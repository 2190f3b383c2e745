//! The scopes of the statements of bodies, in which results are variables behind all others.
#![tactic(auto)]

mod levels;
mod scopes;

pub use levels::{no_names, with_results};
pub use scopes::statement_scope;
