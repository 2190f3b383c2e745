//! Declarations. The rules that read the body of a procedure and the statement of a subroutine are parameters: in a
//! procedure no procedure is declared, and what is declared is proved apart from what a statement is.
ghost use Rattle.std.specs.Prelude.{◌≡◌, ◌++◌, [], ◌∷◌, if◌then◌else◌, IfOk};
ghost use Rattle.spl_tree.specs.Spells as spells;
ghost use Rattle.spl_reading.specs.Readers as readers;
ghost use Rattle.spl_tokens.specs.Reads.{Reads, paired};
ghost use Rattle.spl_listed.specs.Lists as lists;
ghost use Rattle.spl_headings.specs.Headings as headings;
ghost use Rattle.spl_declarations.specs.Nests.{ReadsBodies, ReadsStatements};
ghost use Rattle.spl_declarations.specs.Nests as nests;
ghost use Rattle.spl_declarations.specs.Pieces as pieces;

use spl_headings::{Options, heading, names, option_list, with_split};
use spl_items::{arrays, equals, items, pointers};
use spl_listed::{
    declared_data, equate, external, forward, intrinsic, is_subroutine, label, procedure,
    subroutine,
};
use spl_tokens::{Fault, Tokens, same};
use spl_tree::{Decl, Heading, Kind, Reserved, Stmt, Symbol};
use std::alloc::{AllocError, Global};

/// The rules of declarations, where so many constructs may be opened.
#[derive(Clone, Copy)]
pub struct Declarations<B, S> {
    pub alloc: Global,
    pub room: u8,
    /// Whether procedures are declared.
    pub unit: bool,
    /// Reads the body of a procedure of a segment.
    pub body: B,
    /// Reads the statement of a subroutine.
    pub statement: S,
}

/// A list of arrays, from the word ARRAY on.
#[tactic(auto, using(spl_tokens::proofs::Steps::steps), unfolding(spl_reading::specs::Readers::pure, spl_reading::specs::Readers::refuse, spl_reading::specs::Readers::followed, spl_reading::specs::Readers::and_then))]
fn array_data(alloc: Global, tokens: &mut Tokens<'_>, own: bool, kind: Kind) -> Result<Decl, Fault>
    ensures { Reads spells.declaration (nests.arrays own kind tokens.old) result tokens.new }
{
    tokens.take()?;
    let items = arrays(alloc, tokens)?;
    Ok(declared_data(own, kind, items))
}

/// A list of variables.
#[tactic(auto, using(spl_tokens::proofs::Steps::steps), unfolding(spl_reading::specs::Readers::pure, spl_reading::specs::Readers::refuse, spl_reading::specs::Readers::followed, spl_reading::specs::Readers::and_then))]
fn item_data(alloc: Global, tokens: &mut Tokens<'_>, own: bool, kind: Kind) -> Result<Decl, Fault>
    ensures { Reads spells.declaration (nests.items own kind tokens.old) result tokens.new }
{
    let items = items(alloc, tokens)?;
    Ok(declared_data(own, kind, items))
}

/// A list of pointers, from the word POINTER on.
#[tactic(auto, using(spl_tokens::proofs::Steps::steps), unfolding(spl_reading::specs::Readers::pure, spl_reading::specs::Readers::refuse, spl_reading::specs::Readers::followed, spl_reading::specs::Readers::and_then))]
fn pointer_data(alloc: Global, tokens: &mut Tokens<'_>, kind: Kind) -> Result<Decl, Fault>
    ensures { Reads spells.declaration (nests.pointers kind tokens.old) result tokens.new }
{
    tokens.take()?;
    let names = names(alloc, tokens)?;
    let items = pointers(alloc, names)?;
    Ok(declared_data(false, kind, items))
}

/// Owned variables or arrays, behind OWN and their kind.
#[tactic(auto, using(spl_tokens::proofs::Steps::steps), unfolding(spl_reading::specs::Readers::pure, spl_reading::specs::Readers::refuse, spl_reading::specs::Readers::followed, spl_reading::specs::Readers::and_then))]
fn owned_typed(alloc: Global, tokens: &mut Tokens<'_>, kind: Kind) -> Result<Decl, Fault>
    ensures { Reads spells.declaration (nests.owned_typed kind tokens.old) result tokens.new }
{
    tokens.take()?;
    if same(tokens.peek()?, Symbol::Word(Reserved::Array)) {
        array_data(alloc, tokens, true, kind)
    } else {
        item_data(alloc, tokens, true, kind)
    }
}

/// Owned arrays without a kind, behind OWN.
#[tactic(auto, using(spl_tokens::proofs::Steps::steps), unfolding(spl_reading::specs::Readers::pure, spl_reading::specs::Readers::refuse, spl_reading::specs::Readers::followed, spl_reading::specs::Readers::and_then))]
fn owned_untyped(alloc: Global, tokens: &mut Tokens<'_>) -> Result<Decl, Fault>
    ensures { Reads spells.declaration (nests.owned_untyped tokens.old) result tokens.new }
{
    if same(tokens.peek()?, Symbol::Word(Reserved::Array)) {
        array_data(alloc, tokens, true, Kind::Logical)
    } else {
        Err(Fault::Syntax)
    }
}

/// Owned variables, arrays or views, behind OWN.
#[tactic(auto, using(spl_tokens::proofs::Steps::steps), unfolding(spl_reading::specs::Readers::pure, spl_reading::specs::Readers::refuse, spl_reading::specs::Readers::followed, spl_reading::specs::Readers::and_then, spl_reading::specs::ReadDeclarations::owned_by, spl_reading::specs::ReadDeclarations::array_data, spl_reading::specs::ReadDeclarations::item_data))]
fn owned(alloc: Global, tokens: &mut Tokens<'_>, room: u8, unit: bool) -> Result<Decl, Fault>
    ensures { Reads spells.declaration (nests.owned room unit tokens.old) result tokens.new }
{
    match tokens.peek()? {
        Symbol::Type(kind) => owned_typed(alloc, tokens, kind),
        _ => owned_untyped(alloc, tokens),
    }
}

/// Whether a declaration begins with the symbol.
#[tactic(auto, unfolding(spl_reading::specs::ReadDeclarations::declares))]
fn declares(symbol: Symbol, room: u8, unit: bool) -> bool
    ensures { result ≡ nests.declares room unit symbol }
{
    match symbol {
        Symbol::Type(_) => true,
        Symbol::Word(Reserved::Subroutine) => true,
        Symbol::Word(Reserved::Own) => true,
        Symbol::Word(Reserved::Array) => true,
        Symbol::Word(Reserved::Equate) => true,
        Symbol::Word(Reserved::Intrinsic) => true,
        Symbol::Word(Reserved::Label) => true,
        Symbol::Word(Reserved::Procedure) => true,
        _ => false,
    }
}

/// A list with one declaration more.
#[tactic(auto, using(spl_tokens::proofs::Steps::pushed))]
fn pushed(read: Vec<Decl>, next: Decl) -> Result<Vec<Decl>, AllocError>
    ensures { IfOk result (λ ds. lists.declarations ds ≡ lists.declarations read ++ spells.declaration next ∷ []) }
{
    let mut read = read;
    match read.push(next) {
        Ok(()) => Ok(read),
        Err(error) => {
            drop(read);
            Err(error.into())
        }
    }
}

What the task requires — Tally how many lines include "pointers" in the listing above; reply with the number only.

Reply to the exercise — 4